Question

If \[y = \sin ({x^x})\], prove that \[\dfrac{{dy}}{{dx}} = \cos ({x^x}).{x^x}(1 + \log x)\]

Answer 1

Hint: We assume the angle inside the function of sine as a variable and find the derivative of y with respect to that variable. Now we differentiate the equation where we assumed the angle as a variable. Take log on both sides of the equation and use the property of log to break it. Use the product rule of differentiation to differentiate it. Substitute the value of differentiation of variable with respect to x in the equation where we had differentiation of y with respect to the variable.
* \[\log {m^n} = n\log m\]
* Product rule of differentiation:\[\dfrac{d}{{dx}}\left( {ab} \right) = a\dfrac{d}{{dx}}(b) + b\dfrac{d}{{dx}}(a)\]
* Chain rule of differentiation:\[\dfrac{d}{{dx}}g\left( {f(x)} \right) = \dfrac{d}{{dx}}g(f(x)) \times \dfrac{d}{{dx}}f(x)\]

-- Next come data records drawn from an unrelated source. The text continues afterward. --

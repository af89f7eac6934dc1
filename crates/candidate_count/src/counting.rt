// How many possible agreements there are.

ghost use Rattle.std.specs.Prelude.{ℕ, ◌≡◌, ◌+◌, ◌*◌, map};
ghost use Rattle.spec_core.specs.Code.{program_of};
ghost use Rattle.spec_core.specs.Ready.{IsReady};
ghost use Rattle.symbolic_plans.specs.OpenPlans.{kind_in, open_plan_of};
ghost use Rattle.symbolic_plans.specs.Plans.{field_of, plan_of};
ghost use Rattle.candidate_composites.specs.Known.{expanded_plans};
ghost use Rattle.node_trees.specs.Shapes.{shape_of, stands_for};
ghost use Rattle.symbolic_rules.specs.Tables.{windows_in};
ghost use Rattle.candidate_count.specs.Counts as counts;
ghost use Rattle.candidate_count.specs.Counts.{limited, ways_to_fill, tuples, turned_tuples, offers_of_plan, offers_of_tree};

use crate::trees::has_predicate;
use node_trees::branch::Branch;
use spec_core::code::Checked;
use spec_core::window::Window;
use symbolic_plans::column::Column;
use symbolic_plans::composite::{ActionKind, OpenComposite};
use symbolic_plans::scheme::Scheme;
use symbolic_rules::values_at;

/// The number of possible agreements up to which a session judges candidates.
pub const OFFERS_LIMIT: u64 = 1_048_576;

// A number as it is counted: what is above the limit isn't told apart.
fn limited(n: u64) -> u64
    ensures { result ≡ limited n }
{
    if n > OFFERS_LIMIT {
        OFFERS_LIMIT + 1
    } else {
        n
    }
}

// A sum of two numbers as they are counted.
fn plus(one: u64, other: u64) -> u64
    ensures sum { (a b : ℕ) → one ≡ limited a → other ≡ limited b → result ≡ limited (a + b) }
{
    limited(one.saturating_add(other))
}

// A product of two numbers as they are counted.
fn times(one: u64, other: u64) -> u64
    ensures product { (a b : ℕ) → one ≡ limited a → other ≡ limited b → result ≡ limited (a * b) }
{
    limited(one.saturating_mul(other))
}

// How many ways there are to fill a field with values of the window of its sort.
fn field_count(windows: &[Window], column: &Column) -> u64
    ensures { result ≡ limited (ways_to_fill (windows_in windows.now) (field_of column.now)) }
{
    match column {
        Column::Told(_, _) => 1,
        Column::Blank(sort, marked) => {
            if *marked {
                1
            } else {
                limited(values_at(windows, *sort).len() as u64)
            }
        }
    }
}

// How many ways there are to fill fields. It recurs as often as there are fields.
fn tuple_count(windows: &[Window], columns: &[Column]) -> u64
    ensures { result ≡ limited (tuples (windows_in windows.now) (map field_of columns.now)) }
{
    match columns {
        [] => 1,
        [first, rest @ ..] => times(field_count(windows, first), tuple_count(windows, rest)),
    }
}

// The same of the fields that were open until an action turned internal.
fn turned_count(windows: &[Window], scheme: &Scheme) -> u64
    ensures { result ≡ limited (turned_tuples (windows_in windows.now) (plan_of scheme.now)) }
{
    match scheme {
        Scheme::Pre(_) => 1,
        Scheme::Int => 1,
        Scheme::Exit(_) => 1,
        Scheme::Under(_, _, part) => turned_count(windows, part),
        Scheme::Hide(columns, _) => tuple_count(windows, columns),
        Scheme::Enend(columns, _) => tuple_count(windows, columns),
        Scheme::Both(_, _) => 1,
    }
}

// Whether it is an action at a gate.
fn is_visible(kind: ActionKind) -> bool
    ensures { result ≡ counts.is_visible (kind_in kind) }
{
    match kind {
        ActionKind::Inner => false,
        ActionKind::Exit => false,
        ActionKind::At(_) => true,
    }
}

// How many ways there are to fill the fields of a composite.
fn fill_count(windows: &[Window], composite: &OpenComposite) -> u64
    ensures { result ≡ limited (tuples (windows_in windows.now) (open_plan_of composite.now).fields *
        turned_tuples (windows_in windows.now) (open_plan_of composite.now).plan) }
{
    times(
        tuple_count(windows, &composite.columns),
        turned_count(windows, &composite.scheme),
    )
}

// How often a composite of the tree counts. Where there is one way to fill its fields it counts once in any case, and nothing is walked.
fn composite_count(
    checked: &Checked,
    windows: &[Window],
    tree: &Branch,
    composite: &OpenComposite,
) -> u64
    requires ready { IsReady (program_of checked.now) }
    ensures { result ≡ limited (offers_of_plan (program_of checked.now) (windows_in windows.now)
        (stands_for (program_of checked.now) (shape_of tree.now)) (open_plan_of composite.now)) }
{
    let ways = fill_count(windows, composite);
    if ways != 1 && is_visible(composite.kind) && !has_predicate(checked, tree, &composite.scheme) {
        1
    } else {
        ways
    }
}

/// How many possible agreements the tree has, of those of which every participant is an expanded node: each of its composites counts once
/// where its action is at a gate and no participant has a selection predicate, else once for each way to fill its open fields with values
/// of their windows. All above the limit comes to one more than the limit. It takes no memory, and goes once along each composite.
pub fn count_offers(
    checked: &Checked,
    windows: &[Window],
    tree: &Branch,
    composites: &[OpenComposite],
) -> u64
    requires ready { IsReady (program_of checked.now) }
    requires plans { map open_plan_of composites.now ≡ expanded_plans (program_of checked.now).theory (shape_of tree.now) }
    ensures counted { result ≡ limited (offers_of_tree (program_of checked.now) (windows_in windows.now) (shape_of tree.now)) }
{
    let mut total = 0;
    for composite in composites {
        total = plus(total, composite_count(checked, windows, tree, composite));
    }
    total
}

Complete step-by-step answer:
We are given that \[y = \sin ({x^x})\]
Let us assume that \[u = {x^x}\] … (1)
Then the value of y becomes \[y = \sin u\]
Differentiate both sides of equation with respect to x
\[ \Rightarrow \dfrac{d}{{dx}}\left( y \right) = \dfrac{d}{{dx}}\left( {\sin u} \right)\]
We know differentiation of sine is cosine
\[ \Rightarrow \dfrac{{dy}}{{dx}} = \cos u.\dfrac{{du}}{{dx}}\] … (2)
Now we have from equation (1) \[u = {x^x}\]
We take log on both sides of the equation
\[ \Rightarrow \log u = \log {x^x}\]
Use the property of log on right side of the equation i.e. \[\log {m^n} = n\log m\]
\[ \Rightarrow \log u = x\log x\]
Differentiate both sides of the equation with respect to x
\[ \Rightarrow \dfrac{d}{{dx}}\left( {\log u} \right) = \dfrac{d}{{dx}}\left( {x(\log x)} \right)\]
Apply chain rule of differentiation in LHS of the equation
Chain rule gives us\[\dfrac{d}{{dx}}g\left( {f(x)} \right) = \dfrac{d}{{dx}}g(f(x)) \times \dfrac{d}{{dx}}f(x)\].
Here\[g(f(x)) = \log (u),f(x) = u\], then the equation becomes
\[ \Rightarrow \dfrac{d}{{dx}}\left( {\log u} \right) \times \dfrac{{du}}{{dx}} = \dfrac{d}{{dx}}\left( {x(\log x)} \right)\]
We know \[\dfrac{d}{{dx}}\log x = \dfrac{1}{x}\]
\[ \Rightarrow \dfrac{1}{u} \times \dfrac{{du}}{{dx}} = \dfrac{d}{{dx}}\left( {x(\log x)} \right)\]
Now apply product rule of differentiation in RHS of the equation
Product rule gives us\[\dfrac{d}{{dx}}\left( {ab} \right) = a\dfrac{d}{{dx}}(b) + b\dfrac{d}{{dx}}(a)\]
Here\[a = x,b = \log x\], then the equation becomes
\[ \Rightarrow \dfrac{1}{u} \times \dfrac{{du}}{{dx}} = x\dfrac{d}{{dx}}\log x + \log x\dfrac{d}{{dx}}x\]
Substitute the values\[\dfrac{d}{{dx}}\log x = \dfrac{1}{x}\]and\[\dfrac{{dx}}{{dx}} = 1\]in RHS of the equation
\[ \Rightarrow \dfrac{1}{u} \times \dfrac{{du}}{{dx}} = x \times \dfrac{1}{x} + \log x \times 1\]
Cancel same factors from numerator and denominator
\[ \Rightarrow \dfrac{1}{u} \times \dfrac{{du}}{{dx}} = \left( {1 + \log x} \right)\]
Shift or cross multiply value of u from LHS to RHS
\[ \Rightarrow \dfrac{{du}}{{dx}} = u\left( {1 + \log x} \right)\] … (3)
Substitute this value from equation (3) in equation (2)
\[ \Rightarrow \dfrac{{dy}}{{dx}} = \cos u.u\left( {1 + \log x} \right)\]
Substitute the value of u from equation (1)
\[ \Rightarrow \dfrac{{dy}}{{dx}} = \cos ({x^x}).{x^x}\left( {1 + \log x} \right)\]

Hence Proved

Note:
Many students make the mistake of calculating the differentiation of y with respect to x and leave it in terms of other variables which is wrong, if we use any substitution we have to substitute the value of differentiation of that substitution back as well.